### [How to complete this task]
Whenever the string "written" turns up in a line of the data below, copy that line.

Collection entries:
■ ■ ■ ■ ■
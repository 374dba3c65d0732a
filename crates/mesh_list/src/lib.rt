//! The containers that every crate of `mesh` keeps its values in, and the laws of lists that they rest on. It knows
//! no word of SQL. A `Seq` is a list, a `Boxed` is the value in it, a `Sorted` is a list in strictly ascending order
//! of its keys, a `Register` a list in any order that is looked up by a key; `Duplicate` copies to an equal value and
//! `Same` tells exactly whether two values are equal.
#![tactic(auto)]

mod boxes;
mod compared;
mod copies;
mod keyed;
mod made;
mod memory;
mod places;
mod registers;
mod same;
mod seqs;

pub use boxes::Boxed;
pub use copies::{Duplicate, both, together};
pub use keyed::{Keyed, Sorted};
pub use made::push_made;
pub use memory::Memory;
pub use registers::Register;
pub use same::{Same, are_same};
pub use seqs::Seq;
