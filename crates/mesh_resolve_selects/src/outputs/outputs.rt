// The output columns of a SELECT.
ghost use Rattle.std.specs.Prelude.{◌≡◌, ◌+◌, ◌++◌, map, length, nat_le, IfOk, OnOk};
ghost use Rattle.mesh_query_tokens.specs.Gives.{Gives};
ghost use Rattle.mesh_query_tokens.specs.Walk.{along};
ghost use Rattle.mesh_resolve_types.specs.Faults.{most_columns};
ghost use Rattle.mesh_resolve_selects.specs.outputs.Leads.{Leads};
ghost use Rattle.mesh_resolve_selects.specs.outputs.Outputs.{all_of_item, expanded, item, items, name_by_place, output_name, starred, value_item, within_limit};

use itoa::Buffer;
use mesh_base::Expr;
use mesh_base_values::{Column, MOST_COLUMNS, Str};
use mesh_list::{Duplicate, Memory, Seq};
use mesh_query_grammar::surface::{OrExpr, SurfaceItem};
use mesh_query_tokens::ReadFault;
use mesh_resolve_scope::sight::{Seen, Sight, answers_to, column_typed, qualified};
use mesh_resolve_scope::typed_expression;
use mesh_resolve_types::{Typed, too_many_columns};
use std::alloc::Global;

/// An output column, and the place of what is written for it.
#[derive(Drop)]
pub struct Output {
    pub at: u64,
    pub name: Str,
    pub typed: Typed,
}

fn starred(alloc: Global, at: u64, d: &Seen, c: &Column) -> Result<Output, Memory>
    ensures { IfOk result (λ made. made ≡ starred at d.now c.now) }
{
    let typed = column_typed(alloc, at, &c.name, d.place, c.kind)?;
    let name = c.name.copy()?;
    Ok(Output { at, name, typed })
}

fn add_columns(alloc: Global, at: u64, d: &Seen, done: &mut Seq<Output>) -> Result<(), Memory>
    ensures { OnOk result (done.new ≡ done.old ++ map (starred at d.now) d.now.columns) }
{
    for c in d.columns.as_slice() {
        done.push(starred(alloc, at, d, c)?)?;
    }
    Ok(())
}

// The columns that `*` or `item.*` at this place adds.
fn expand(
    alloc: Global,
    at: u64,
    item: &Option<Str>,
    from: &[Seen],
    done: &mut Seq<Output>,
) -> Result<(), Memory>
    ensures { OnOk result (done.new ≡ done.old ++ expanded at item.now from.now) }
{
    for d in from {
        if answers_to(item, d) {
            add_columns(alloc, at, d, done)?;
        }
    }
    Ok(())
}

// So many columns and those that `*` or `item.*` adds are no more than there may be. They are counted before any is
// made.
fn has_room(at: u64, item: &Option<Str>, from: &[Seen], taken: usize) -> bool
    ensures { result ≡ nat_le (taken + length (expanded at item.now from.now)) most_columns }
{
    if taken as u64 > MOST_COLUMNS {
        return false;
    }
    let mut room = MOST_COLUMNS as usize - taken;
    for d in from {
        if answers_to(item, d) {
            if d.columns.len() > room {
                return false;
            }
            room -= d.columns.len();
        }
    }
    true
}

fn all_of(
    alloc: Global,
    at: u64,
    item: &Option<Str>,
    from: &[Seen],
    done: &mut Seq<Output>,
) -> Result<(), ReadFault>
    ensures { Leads result done.new (within_limit (done.old ++ expanded at item.now from.now)) }
{
    if !has_room(at, item, from, done.len()) {
        return Err(too_many_columns(alloc));
    }
    expand(alloc, at, item, from, done)?;
    Ok(())
}

fn name_by_place(alloc: Global, place: usize) -> Result<Str, Memory>
    ensures { IfOk result (λ name. name ≡ name_by_place place) }
{
    let mut digits = Buffer::new();
    let mut name = Vec::from_slice(alloc, b"_col_")?;
    name.extend_from_slice(digits.format(place as u64).as_bytes())?;
    Ok(Seq::from_vec(name))
}

fn output_name(alloc: Global, place: usize, alias: &Option<Str>, t: &Typed) -> Result<Str, Memory>
    ensures { IfOk result (λ name. name ≡ output_name place alias.now t.now) }
{
    match alias {
        Some(alias) => alias.copy(),
        None => match t.expr.get() {
            Expr::Col { name, .. } => name.copy(),
            _ => name_by_place(alloc, place),
        },
    }
}

fn value_item(
    alloc: Global,
    sight: &Sight,
    at: u64,
    value: &OrExpr,
    alias: &Option<Str>,
    done: &mut Seq<Output>,
) -> Result<(), ReadFault>
    ensures { Leads result done.new (value_item sight.now done.old at value.now alias.now) }
{
    let typed = typed_expression(alloc, sight, value)?;
    if done.len() as u64 >= MOST_COLUMNS {
        return Err(too_many_columns(alloc));
    }
    let name = output_name(alloc, done.len(), alias, &typed)?;
    done.push(Output { at, name, typed })?;
    Ok(())
}

fn all_of_item(
    alloc: Global,
    sight: &Sight,
    at: u64,
    name: &Str,
    done: &mut Seq<Output>,
) -> Result<(), ReadFault>
    ensures { Leads result done.new (all_of_item sight.now done.old at name.now) }
{
    let wanted = Some(name.copy()?);
    qualified(alloc, at, &wanted, sight)?;
    all_of(alloc, at, &wanted, sight.from(), done)
}

// The columns of one more item.
fn item(
    alloc: Global,
    sight: &Sight,
    written: &SurfaceItem,
    done: &mut Seq<Output>,
) -> Result<(), ReadFault>
    ensures { Leads result done.new (item sight.now done.old written.now) }
{
    match written {
        SurfaceItem::All { at } => all_of(alloc, *at, &None, sight.from(), done),
        SurfaceItem::AllOf { at, item } => all_of_item(alloc, sight, *at, item, done),
        SurfaceItem::Value { at, value, alias } => {
            value_item(alloc, sight, *at, value, alias, done)
        }
    }
}

#[tactic(auto, using(crate::proofs::outputs::Steps::none_along, crate::proofs::outputs::Steps::one_more, crate::proofs::outputs::Steps::stops, crate::proofs::outputs::Steps::all_along))]
fn add_items(
    alloc: Global,
    sight: &Sight,
    all: &[SurfaceItem],
    done: &mut Seq<Output>,
) -> Result<(), ReadFault>
    ensures { Leads result done.new (along (item sight.now) done.old all.now) }
{
    for written in all {
        item(alloc, sight, written, done)?;
    }
    Ok(())
}

/// The output columns, from left to right.
#[tactic(auto, unfolding(crate::specs::outputs::Outputs::items))]
pub fn items(alloc: Global, sight: &Sight, all: &[SurfaceItem]) -> Result<Seq<Output>, ReadFault>
    ensures { Gives result (items sight.now all.now) }
{
    let mut done = Seq::new(alloc);
    add_items(alloc, sight, all, &mut done)?;
    Ok(done)
}
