// Lists that are looked up by a key, in any order.
ghost use Rattle.std.specs.Prelude.{◌≡◌, [], OnOk, OnErr};
ghost use Rattle.std.specs.Option.{option_copied};
ghost use Rattle.mesh_list.specs.Keyed.{found, placed, without, exchanged};

use crate::copies::Duplicate;
use crate::keyed::Keyed;
use crate::memory::Memory;
use crate::places::{exchange_in, find_in, is_ascending, place_in, remove_in};
use std::alloc::Global;
use std::marker::Model;

/// A list in any order. It knows whether it is one that ascends, and is then searched by halves.
pub struct Register<T: Keyed> {
    list: Vec<T>,
    ascending: bool,
}

impl<T: Keyed + Drop> Drop for Register<T> {
    fn drop(self) {
        let Register {
            list: _,
            ascending: _,
        } = self;
    }
}

impl<T: Keyed> Model for Register<T> {
    ghost use Rattle.std.specs.Prelude.{List, true, ◌≡◌, IsTrue};
    ghost use Rattle.std.specs.Coded.{coded_list};
    ghost use Rattle.mesh_list.specs.Keyed.{ascends};

    ghost Value = { List T };

    ghost coded = { coded_list T.code };

    ghost view = { λ a. a.list.items };

    ghost invariant = { λ a. IsTrue a.ascending → ascends T.order T.key a.list.items ≡ true };
}

impl<T: Keyed> Register<T> {
    /// The empty list, which takes no memory.
    pub fn new(alloc: Global) -> Register<T>
        ensures { result ≡ [] }
    {
        Register {
            list: Vec::new(alloc),
            ascending: true,
        }
    }

    /// The list of these items, which stay where they lie.
    pub fn from_vec(items: Vec<T>) -> Register<T>
        ensures { result ≡ items.items }
    {
        let ascending = is_ascending(items.as_slice());
        Register {
            list: items,
            ascending,
        }
    }

    /// The items, which stay where they lie.
    pub fn into_vec(self) -> Vec<T>
        ensures { result.items ≡ self }
    {
        let Register { list, ascending: _ } = self;
        list
    }

    pub fn as_slice(&self) -> &[T]
        ensures { result.now ≡ self.now }
    {
        self.list.as_slice()
    }

    /// The allocator that the items lie in.
    pub fn alloc(&self) -> Global {
        *self.list.allocator()
    }

    /// The first item with this key.
    pub fn find(&self, key: &T::Key) -> Option<&T>
        ensures { option_copied result ≡ found T.order T.key key.now self.now }
    {
        find_in(self.list.as_slice(), self.ascending, key)
    }

    /// Puts an item in front of the first whose key is above its own, or instead of one with its key that comes
    /// before any such. At `Err` nothing has changed.
    pub fn place(&mut self, item: T) -> Result<(), Memory>
        ensures ok { OnOk result (self.new ≡ placed T.order T.key item self.old) }
        ensures err { OnErr result (self.new ≡ self.old) }
    {
        place_in(&mut self.list, self.ascending, item)?;
        Ok(())
    }

    /// Takes the first item with this key out.
    pub fn remove(&mut self, key: &T::Key) -> Option<T>
        ensures value { result ≡ found T.order T.key key.now self.old }
        ensures rest { self.new ≡ without T.order T.key key.now self.old }
    {
        remove_in(&mut self.list, self.ascending, key)
    }

    /// Puts an item where the first with its key stands, and answers that. Where there is none nothing changes.
    pub fn exchange(&mut self, item: T) -> Option<T>
        ensures value { result ≡ found T.order T.key (T.key item) self.old }
        ensures rest { self.new ≡ exchanged T.order T.key item self.old }
    {
        exchange_in(&mut self.list, self.ascending, item)
    }
}

impl<T: Keyed + Duplicate> Duplicate for Register<T> {
    fn copy(&self) -> Result<Register<T>, Memory> {
        let items = T::copy_items(self.alloc(), self.list.as_slice())?;
        Ok(Register {
            list: items.into_vec(),
            ascending: self.ascending,
        })
    }
}
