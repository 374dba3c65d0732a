// The folder of the project.
ghost use Rattle.std.specs.Prelude.{◌≡◌, IfOk};
ghost use Rattle.mesh_cli.specs.cli.Sides.{here, place_or};

use mesh_base_values::Str;
use mesh_list::{Duplicate, Memory};
use std::alloc::Global;

/// The folder that is named, or else another one.
pub(crate) fn place_or(paths: &Option<Str>, other: &Str) -> Result<Str, Memory>
    ensures { IfOk result (λ dir. dir ≡ place_or paths.now other.now) }
{
    match paths {
        Some(paths) => paths.copy(),
        None => other.copy(),
    }
}

/// The folder that is named, or else the one that the command is called in.
pub(crate) fn place_of(alloc: Global, paths: &Option<Str>) -> Result<Str, Memory>
    ensures { IfOk result (λ dir. dir ≡ place_or paths.now here) }
{
    match paths {
        Some(paths) => paths.copy(),
        None => u8::copy_items(alloc, b"."),
    }
}
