// A list that owns its elements.
ghost use Rattle.std.specs.Prelude.{◌≡◌, [], ◌∷◌, ◌++◌, ◌<◌, length, slice_get, ◌↔◌, IsTrue, IfOk, MatchOption, OnOk, OnErr, OnSome, slice_index_or};
ghost use Rattle.std.specs.Option.{option_copied};

use crate::memory::Memory;
use std::alloc::Global;
use std::marker::Model;

/// A `Vec` that contracts see as the list of its elements, so that two with the same elements are equal.
pub struct Seq<T> {
    items: Vec<T>,
}

impl<T: Drop> Drop for Seq<T> {
    fn drop(self) {
        let Seq { items: _ } = self;
    }
}

impl<T> Model for Seq<T> {
    ghost use Rattle.std.specs.Prelude.{List};
    ghost use Rattle.std.specs.Coded.{coded_list};

    ghost Value = { List T };

    ghost coded = { coded_list T.code };

    ghost view = { λ s. s.items.items };
}

impl<T> Seq<T> {
    /// The empty list, which takes no memory.
    pub fn new(alloc: Global) -> Seq<T>
        ensures { result ≡ [] }
    {
        Seq {
            items: Vec::new(alloc),
        }
    }

    /// The list of the elements, which stay where they lie.
    pub fn from_vec(items: Vec<T>) -> Seq<T>
        ensures { result ≡ items.items }
    {
        Seq { items }
    }

    /// The elements, which stay where they lie.
    pub fn into_vec(self) -> Vec<T>
        ensures { result.items ≡ self }
    {
        let Seq { items } = self;
        items
    }

    /// The allocator that the elements lie in.
    pub fn alloc(&self) -> Global {
        *self.items.allocator()
    }

    pub fn as_slice(&self) -> &[T]
        ensures { result.now ≡ self.now }
    {
        self.items.as_slice()
    }

    pub fn len(&self) -> usize
        ensures { result ≡ length self.now }
    {
        self.items.len()
    }

    pub fn is_empty(&self) -> bool
        ensures { IsTrue result ↔ (self.now ≡ []) }
    {
        self.items.is_empty()
    }

    pub fn get(&self, at: usize) -> Option<&T>
        ensures value { option_copied result ≡ slice_get self.now at }
        ensures within { OnSome result (at < length self.now) }
    {
        self.items.get(at)
    }

    pub fn at(&self, at: usize) -> &T
        requires { at < length self.now }
        ensures { result.now ≡ slice_index_or self.now at result.now }
    {
        &self.items[at]
    }

    pub fn pop(&mut self) -> Option<T>
        ensures { MatchOption result ((self.old ≡ []) × (self.new ≡ [])) (λ last. self.old ≡ self.new ++ last ∷ []) }
    {
        self.items.pop()
    }
}

impl<T: Drop> Seq<T> {
    /// Puts an element at the end. At `Err` nothing has changed.
    pub fn push(&mut self, item: T) -> Result<(), Memory>
        ensures ok { OnOk result (self.new ≡ self.old ++ item ∷ []) }
        ensures err { OnErr result (self.new ≡ self.old) }
    {
        match self.items.push(item) {
            Ok(()) => Ok(()),
            Err(_) => Err(Memory),
        }
    }

    /// Puts all elements of another list behind these, in their order. At `Err` some of them may stand there.
    pub fn append(&mut self, more: Seq<T>) -> Result<(), Memory>
        ensures { OnOk result (self.new ≡ self.old ++ more) }
    {
        let mut rest = more.into_vec();
        match self.items.append(&mut rest) {
            Ok(()) => Ok(()),
            Err(_) => Err(Memory),
        }
    }
}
■ ■ ■ ■ ■
### [The answer]
/// An output column, and the place of what is written for it.
    written: &SurfaceItem,
    ensures { Leads result done.new (item sight.now done.old written.now) }
    match written {
    for written in all {
        item(alloc, sight, written, done)?;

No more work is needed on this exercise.